# Edge vents - straight vs. tapered termination



## Antixity (Jul 10, 2021)

My wife and I just had a new roof put on, and because our house has no soffits, we asked the roofer to put on edge vents (in addition to cutting in a new ridge vent up top). He admitted upfront it would be his first time doing edge vents, and he only charged for materials.

So he put in Lomanco edge vents (Lomanco Vents - Deck-Air®). Because we have a big bedroom-sized dormer in the front, the edge vents have to terminate before they get to the dormer. This is also the case in the back because of a sunroom shed roof in the middle. At the termination it's just a straight dropoff at the side of the vent. The side of the vent rests on top of a layer of shingles. Doesn't look great (see picture below for the one that looks the worst), and we see on Lomanco's instructions (you can find them at the link above) that straight termination is only recommended for the gable end of the roof, and they recommend a tapered termination for other terminations, where you cut out a triangle near the termination edge and swing the end around to line up with the main stretch of vent. They don't say why they only recommend straight termination for the gable ends, but it's in bold, for whatever that's worth.

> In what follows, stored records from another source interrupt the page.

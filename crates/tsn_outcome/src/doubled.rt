//! Words of `plan` and `prove` of which two lead to one file.
ghost use Rattle.std.specs.Prelude.{◌≡◌};

use std::alloc::{AllocError, Global};
use std::rt::Files;
use tsn_device::are_one_file;
use tsn_text::TextBuilder;
use tsn_words::Words;

// A file that a run reads or writes: the option and the word that name it, and its path.
#[derive(Clone, Copy)]
struct Named<'a> {
    option: &'a str,
    word: &'a str,
    path: &'a str,
}

// What is read: the network's file, and that of the plan to prove, if there is one.
#[derive(Clone, Copy)]
struct Inputs<'a> {
    network: &'a str,
    plan: Option<&'a str>,
}

/// Why the words are refused, where they name a file twice: the plan and the certificate that are written have to differ, and each of
/// these from what is read and from where standard output goes.
pub fn doubled_in<R: Files>(
    rt: &R,
    alloc: Global,
    words: &Words<'_>,
) -> Result<Option<String>, AllocError> {
    match words {
        Words::Plan(words) => {
            let inputs = Inputs {
                network: words.network,
                plan: None,
            };
            doubled_among(rt, alloc, inputs, words.plan, words.cert)
        }
        Words::Prove(words) => {
            let inputs = Inputs {
                network: words.network,
                plan: Some(words.given),
            };
            doubled_among(rt, alloc, inputs, words.plan, words.cert)
        }
        _ => Ok(None),
    }
}

fn doubled_among<R: Files>(
    rt: &R,
    alloc: Global,
    inputs: Inputs<'_>,
    plan: Option<&str>,
    cert: Option<&str>,
) -> Result<Option<String>, AllocError> {
    let plan = file_if_any("--plan ", plan);
    let cert = file_if_any("--cert ", cert);
    if let Some(text) = doubled_pair(rt, alloc, plan, cert)? {
        return Ok(Some(text));
    }
    if let Some(text) = doubled_beside(rt, alloc, inputs, plan)? {
        return Ok(Some(text));
    }
    doubled_beside(rt, alloc, inputs, cert)
}

// Why a file that is written is refused beside what is read and standard output.
fn doubled_beside<R: Files>(
    rt: &R,
    alloc: Global,
    inputs: Inputs<'_>,
    file: Option<Named<'_>>,
) -> Result<Option<String>, AllocError> {
    let network = Some(network_file(inputs.network));
    if let Some(text) = doubled_pair(rt, alloc, network, file)? {
        return Ok(Some(text));
    }
    let plan = file_if_any("", inputs.plan);
    if let Some(text) = doubled_pair(rt, alloc, plan, file)? {
        return Ok(Some(text));
    }
    doubled_pair(rt, alloc, file, Some(STANDARD_OUTPUT))
}

// Why two files are refused, where both are named and are one.
fn doubled_pair<R: Files>(
    rt: &R,
    alloc: Global,
    left: Option<Named<'_>>,
    right: Option<Named<'_>>,
) -> Result<Option<String>, AllocError> {
    let (Some(left), Some(right)) = (left, right) else {
        return Ok(None);
    };
    if !are_one_file(rt, alloc, left.path, right.path)? {
        return Ok(None);
    }
    let text = refusal(alloc, left, right)?;
    Ok(Some(text))
}

fn refusal(alloc: Global, left: Named<'_>, right: Named<'_>) -> Result<String, AllocError> {
    let mut text = TextBuilder::new(alloc);
    push_file(&mut text, "error: '", left);
    push_file(&mut text, "' and '", right);
    text.push_str("' lead to one file\n\nFor more information, try '--help'.\n");
    text.finish()
}

// Writes words, and how the file is named.
fn push_file(text: &mut TextBuilder, words: &str, file: Named<'_>) {
    text.push_str(words);
    text.push_str(file.option);
    text.push_str(file.word);
}

const STANDARD_OUTPUT: Named<'static> = Named {
    option: "",
    word: "standard output",
    path: "/dev/stdout",
};

fn network_file(word: &str) -> Named<'_> {
    Named {
        option: "",
        word,
        path: if word == "-" { "/dev/stdin" } else { word },
    }
}

// The file that a word names, behind an option where it has one.
fn file_if_any<'a>(option: &'static str, word: Option<&'a str>) -> Option<Named<'a>> {
    match word {
        Some(path) => Some(Named {
            option,
            word: path,
            path,
        }),
        None => None,
    }
}
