//! What a command answers, with its line, before any of it is written.
ghost use Rattle.std.specs.Prelude.{◌≡◌, ◌<◌, string_bytes};
ghost use Rattle.tsn_outcome.specs.Said.{line_of, status_of};

use crate::outcome::Outcome;

/// An outcome, and its line.
#[derive(Drop)]
pub struct Answer {
    pub outcome: Outcome,
    pub line: String,
    /// Why it is this one, in words for standard error, of which nothing is claimed; None where no more is told, or there was no
    /// memory for them.
    pub reason: Option<String>,
    pub ghost line_is: { string_bytes line ≡ line_of outcome },
    pub ghost not_device: { status_of outcome < 8 },
}
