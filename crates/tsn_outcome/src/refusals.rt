//! Why a file, a plan or a certificate is refused.
ghost use Rattle.std.specs.Prelude.{◌≡◌, IfOk, IsErr, Ok};
ghost use Rattle.tsn_cert.specs.Told.{code_of};
ghost use Rattle.tsn_outcome.specs.Outcome.{IsOutcome, output_of};

use crate::{Answer, FileKind, Outcome};
use std::alloc::Global;
use tsn_cert::{FileFault, Refused};
use tsn_check::CheckFault;
use tsn_model::{Code, NetFault, NoMemory};
use tsn_reason::file_line;

/// What is said of a network file with this fault, for this reason.
pub fn refusal(alloc: Global, fault: NetFault, reason: Option<String>) -> Result<Answer, NoMemory>
    ensures outcome { IfOk result (λ a. a.outcome ≡ Outcome.RefusedNetwork fault) }
    ensures line { IfOk result (λ a. IsOutcome (Outcome.RefusedNetwork fault) (output_of (Ok a))) }
    ensures memory { fault.code ≡ Code.Memory → IsErr result }
{
    if fault.code == Code::Memory {
        return Err(NoMemory);
    }
    Answer::because(alloc, Outcome::RefusedNetwork(fault), reason)
}

/// What is said of a file of this kind and this name that is refused.
pub fn file_refusal(
    alloc: Global,
    kind: FileKind,
    name: &str,
    refused: &Refused,
) -> Result<Answer, NoMemory>
    ensures line { IfOk result (λ a. IsOutcome (Outcome.RefusedFile kind (code_of refused.now)) (output_of (Ok a))) }
    ensures memory { code_of refused.now ≡ FileFault.Memory → IsErr result }
{
    let fault = refused.code();
    if fault == FileFault::Memory {
        return Err(NoMemory);
    }
    let reason = file_line(alloc, name, refused).unwrap_or(None);
    Answer::because(alloc, Outcome::RefusedFile(kind, fault), reason)
}

/// What is said of a plan with this fault.
pub fn rejection(
    alloc: Global,
    fault: CheckFault,
    reason: Option<String>,
) -> Result<Answer, NoMemory>
    ensures outcome { IfOk result (λ a. a.outcome ≡ Outcome.RefusedPlan fault) }
    ensures line { IfOk result (λ a. IsOutcome (Outcome.RefusedPlan fault) (output_of (Ok a))) }
    ensures memory { fault ≡ CheckFault.Memory → IsErr result }
{
    if fault == CheckFault::Memory {
        return Err(NoMemory);
    }
    Answer::because(alloc, Outcome::RefusedPlan(fault), reason)
}

/// What is said of a plan and a certificate with this fault.
pub fn cert_rejection(
    alloc: Global,
    fault: CheckFault,
    reason: Option<String>,
) -> Result<Answer, NoMemory>
    ensures line { IfOk result (λ a. IsOutcome (Outcome.RefusedCert fault) (output_of (Ok a))) }
    ensures memory { fault ≡ CheckFault.Memory → IsErr result }
{
    if fault == CheckFault::Memory {
        return Err(NoMemory);
    }
    Answer::because(alloc, Outcome::RefusedCert(fault), reason)
}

So my question is, is this only an aesthetic problem (and that's the only reason Lomanco recommends against it), or is this potentially a functional problem at some point down the road? If just aesthetic, we might just let it be, because it doesn't look a whole lot better (to us) when the shingles gradually come back down to the roof deck over a tapered termination of the vent (from examples we've seen online).


----------



## roofermann (Jul 7, 2012)

It's aesthetics, a tapered termination would look better. If it were my house, I'd be wanting to have a talk about the ugly gobs of caulking on your chimney. I've made my guys redo flashing that looked like that.


----------



## Antixity (Jul 10, 2021)

Thank you. So it's not a problem beyond aesthetics then? 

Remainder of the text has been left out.